Work item: Which of the lines below mention the word "what"? Pull each one out.
▬▬▬▬▬▬▬▬▬▬
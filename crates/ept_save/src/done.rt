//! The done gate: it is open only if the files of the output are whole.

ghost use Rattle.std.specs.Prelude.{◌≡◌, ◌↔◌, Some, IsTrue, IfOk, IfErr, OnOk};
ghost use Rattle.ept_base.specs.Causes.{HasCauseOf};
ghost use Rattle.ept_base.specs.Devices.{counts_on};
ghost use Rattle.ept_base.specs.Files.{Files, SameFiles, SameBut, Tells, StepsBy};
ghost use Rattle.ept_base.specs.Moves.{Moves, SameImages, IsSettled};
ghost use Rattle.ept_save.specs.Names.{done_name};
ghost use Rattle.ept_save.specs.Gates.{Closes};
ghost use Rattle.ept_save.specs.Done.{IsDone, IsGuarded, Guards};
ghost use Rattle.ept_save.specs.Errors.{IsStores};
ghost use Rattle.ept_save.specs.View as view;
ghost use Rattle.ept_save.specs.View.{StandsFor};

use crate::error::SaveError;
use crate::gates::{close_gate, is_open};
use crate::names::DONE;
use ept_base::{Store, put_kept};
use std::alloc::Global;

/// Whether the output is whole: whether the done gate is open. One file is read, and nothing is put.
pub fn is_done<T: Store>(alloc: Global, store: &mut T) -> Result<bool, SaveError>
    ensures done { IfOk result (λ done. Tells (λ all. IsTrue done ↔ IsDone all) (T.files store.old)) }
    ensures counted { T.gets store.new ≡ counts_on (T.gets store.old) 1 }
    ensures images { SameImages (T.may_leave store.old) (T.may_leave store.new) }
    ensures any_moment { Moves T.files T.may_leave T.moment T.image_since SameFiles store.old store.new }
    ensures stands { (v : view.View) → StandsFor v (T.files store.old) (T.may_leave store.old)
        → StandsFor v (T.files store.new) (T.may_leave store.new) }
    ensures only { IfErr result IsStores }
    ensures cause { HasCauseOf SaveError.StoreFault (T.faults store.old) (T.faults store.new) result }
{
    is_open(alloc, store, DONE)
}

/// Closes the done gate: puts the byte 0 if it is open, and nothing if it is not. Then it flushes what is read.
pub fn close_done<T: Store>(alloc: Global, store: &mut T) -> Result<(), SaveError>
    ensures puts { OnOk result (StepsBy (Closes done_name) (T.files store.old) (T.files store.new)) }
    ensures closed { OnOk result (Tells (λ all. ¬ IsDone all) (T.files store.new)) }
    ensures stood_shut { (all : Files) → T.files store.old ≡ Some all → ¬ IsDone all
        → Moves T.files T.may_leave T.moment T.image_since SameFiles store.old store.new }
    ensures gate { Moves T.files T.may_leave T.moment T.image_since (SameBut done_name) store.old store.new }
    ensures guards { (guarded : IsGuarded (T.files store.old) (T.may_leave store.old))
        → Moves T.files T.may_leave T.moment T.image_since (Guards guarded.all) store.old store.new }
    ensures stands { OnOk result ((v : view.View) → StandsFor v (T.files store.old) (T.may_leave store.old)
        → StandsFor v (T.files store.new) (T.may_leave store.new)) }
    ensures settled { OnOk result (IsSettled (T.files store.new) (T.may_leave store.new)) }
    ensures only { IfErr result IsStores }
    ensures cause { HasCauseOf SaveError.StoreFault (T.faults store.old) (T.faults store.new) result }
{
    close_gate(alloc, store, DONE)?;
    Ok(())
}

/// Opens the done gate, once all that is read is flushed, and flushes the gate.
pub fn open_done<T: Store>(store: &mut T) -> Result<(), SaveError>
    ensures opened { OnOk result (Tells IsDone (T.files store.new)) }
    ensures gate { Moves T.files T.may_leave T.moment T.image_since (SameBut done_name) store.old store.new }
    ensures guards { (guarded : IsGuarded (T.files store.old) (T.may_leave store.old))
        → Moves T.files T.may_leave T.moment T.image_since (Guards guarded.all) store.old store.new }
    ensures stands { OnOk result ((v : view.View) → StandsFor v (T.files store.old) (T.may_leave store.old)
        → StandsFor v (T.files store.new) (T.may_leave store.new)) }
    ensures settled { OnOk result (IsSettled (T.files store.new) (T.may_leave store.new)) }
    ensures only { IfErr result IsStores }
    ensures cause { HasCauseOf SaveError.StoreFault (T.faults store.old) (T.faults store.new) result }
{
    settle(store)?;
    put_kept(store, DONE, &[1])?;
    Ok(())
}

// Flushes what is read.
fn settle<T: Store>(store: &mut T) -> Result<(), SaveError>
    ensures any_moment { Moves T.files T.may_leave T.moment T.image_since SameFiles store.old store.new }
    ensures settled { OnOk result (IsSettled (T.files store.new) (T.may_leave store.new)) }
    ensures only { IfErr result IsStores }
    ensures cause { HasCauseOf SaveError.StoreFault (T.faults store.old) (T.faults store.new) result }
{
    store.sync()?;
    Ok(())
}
▬▬▬▬▬▬▬▬▬▬
Exercise answer:
/// Closes the done gate: puts the byte 0 if it is open, and nothing if it is not. Then it flushes what is read.
// Flushes what is read.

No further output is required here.